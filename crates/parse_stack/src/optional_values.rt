//! Values that are taken off the stack by their kinds, where they may be left out.

ghost use Rattle.std.specs.Prelude.{◌≡◌, true, ◌∷◌};
ghost use Rattle.parse_values.specs.declared.value.Value.TheVariants as v;
ghost use Rattle.parse_values.specs.Values as spec;
ghost use Rattle.parse_values.specs.Values.{starts_with, option_value, held};

use crate::stack::{Stack, discard};
use parse_values::Value;
use pl_grammar::{Contents, ElvisRest, ExprRest, More, Placed};
use pl_lexer::Token;
use pl_tree::{Argument, Body, Expr, Parameter};
use plain_data::{Items, Subtree};

impl Stack {
    /// Takes the value on the top, parameters, which may be left out.
    pub fn parameters_if_any(&mut self) -> Option<Items<Parameter>>
        requires { starts_with (spec.is_any spec.is_parameters) self.old ≡ true }
        ensures { self.old ≡ option_value (held v.Parameters) result ∷ self.new }
    {
        let mut value = self.pop();
        let taken = match &mut value {
            Value::Parameters(tree) => tree.take(),
            _ => None,
        };
        discard(value);
        taken
    }

    /// Takes the value on the top, a token, which may be left out.
    pub fn token_if_any(&mut self) -> Option<Token>
        requires { starts_with (spec.is_any spec.is_token) self.old ≡ true }
        ensures { self.old ≡ option_value (held v.Token) result ∷ self.new }
    {
        let mut value = self.pop();
        let taken = match &mut value {
            Value::Token(tree) => tree.take(),
            _ => None,
        };
        discard(value);
        taken
    }

    /// Takes the value on the top, a body, which may be left out.
    pub fn body_if_any(&mut self) -> Option<Body>
        requires { starts_with (spec.is_any spec.is_body) self.old ≡ true }
        ensures { self.old ≡ option_value (held v.Body) result ∷ self.new }
    {
        let mut value = self.pop();
        let taken = match &mut value {
            Value::Body(tree) => tree.take(),
            _ => None,
        };
        discard(value);
        taken
    }

    /// Takes the value on the top, an expression with its place, which may be left out.
    pub fn placed_if_any(&mut self) -> Option<Placed>
        requires { starts_with (spec.is_any spec.is_placed) self.old ≡ true }
        ensures { self.old ≡ option_value (held v.Placed) result ∷ self.new }
    {
        let mut value = self.pop();
        let taken = match &mut value {
            Value::Placed(tree) => tree.take(),
            _ => None,
        };
        discard(value);
        taken
    }

    /// Takes the value on the top, an argument, which may be left out.
    pub fn argument_if_any(&mut self) -> Option<Argument>
        requires { starts_with (spec.is_any spec.is_argument) self.old ≡ true }
        ensures { self.old ≡ option_value (held v.Argument) result ∷ self.new }
    {
        let mut value = self.pop();
        let taken = match &mut value {
            Value::Argument(tree) => tree.take(),
            _ => None,
        };
        discard(value);
        taken
    }

    /// Takes the value on the top, arguments, which may be left out.
    pub fn arguments_if_any(&mut self) -> Option<Items<Argument>>
        requires { starts_with (spec.is_any spec.is_arguments) self.old ≡ true }
        ensures { self.old ≡ option_value (held v.Arguments) result ∷ self.new }
    {
        let mut value = self.pop();
        let taken = match &mut value {
            Value::Arguments(tree) => tree.take(),
            _ => None,
        };
        discard(value);
        taken
    }

    /// Takes the value on the top, the rest of an expression, which may be left out.
    pub fn expr_rest_if_any(&mut self) -> Option<ExprRest>
        requires { starts_with (spec.is_any spec.is_expr_rest) self.old ≡ true }
        ensures { self.old ≡ option_value (held v.ExprRest) result ∷ self.new }
    {
        let mut value = self.pop();
        let taken = match &mut value {
            Value::ExprRest(tree) => tree.take(),
            _ => None,
        };
        discard(value);
        taken
    }

    /// Takes the value on the top, the right side of `?:`, which may be left out.
    pub fn elvis_rest_if_any(&mut self) -> Option<ElvisRest>
        requires { starts_with (spec.is_any spec.is_elvis_rest) self.old ≡ true }
        ensures { self.old ≡ option_value (held v.ElvisRest) result ∷ self.new }
    {
        let mut value = self.pop();
        let taken = match &mut value {
            Value::ElvisRest(tree) => tree.take(),
            _ => None,
        };
        discard(value);
        taken
    }

    /// Takes the value on the top, expressions, which may be left out.
    pub fn exprs_if_any(&mut self) -> Option<Items<Subtree<Expr>>>
        requires { starts_with (spec.is_any spec.is_exprs) self.old ≡ true }
        ensures { self.old ≡ option_value (held v.Exprs) result ∷ self.new }
    {
        let mut value = self.pop();
        let taken = match &mut value {
            Value::Exprs(tree) => tree.take(),
            _ => None,
        };
        discard(value);
        taken
    }

    /// Takes the value on the top, what stands in the brackets of a list or a map, which may be left out.
    pub fn contents_if_any(&mut self) -> Option<Contents>
        requires { starts_with (spec.is_any spec.is_contents) self.old ≡ true }
        ensures { self.old ≡ option_value (held v.Contents) result ∷ self.new }
    {
        let mut value = self.pop();
        let taken = match &mut value {
            Value::Contents(tree) => tree.take(),
            _ => None,
        };
        discard(value);
        taken
    }

    /// Takes the value on the top, what follows the first item of a list or the first key of a map, which may be left out.
    pub fn more_if_any(&mut self) -> Option<More>
        requires { starts_with (spec.is_any spec.is_more) self.old ≡ true }
        ensures { self.old ≡ option_value (held v.More) result ∷ self.new }
    {
        let mut value = self.pop();
        let taken = match &mut value {
            Value::More(tree) => tree.take(),
            _ => None,
        };
        discard(value);
        taken
    }
}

::::::

- ABOUT THIS EXERCISE: Reproduce all lines from the records above that include the word "list".

- ANSWER BOX:
    /// Takes the value on the top, what stands in the brackets of a list or a map, which may be left out.
    /// Takes the value on the top, what follows the first item of a list or the first key of a map, which may be left out.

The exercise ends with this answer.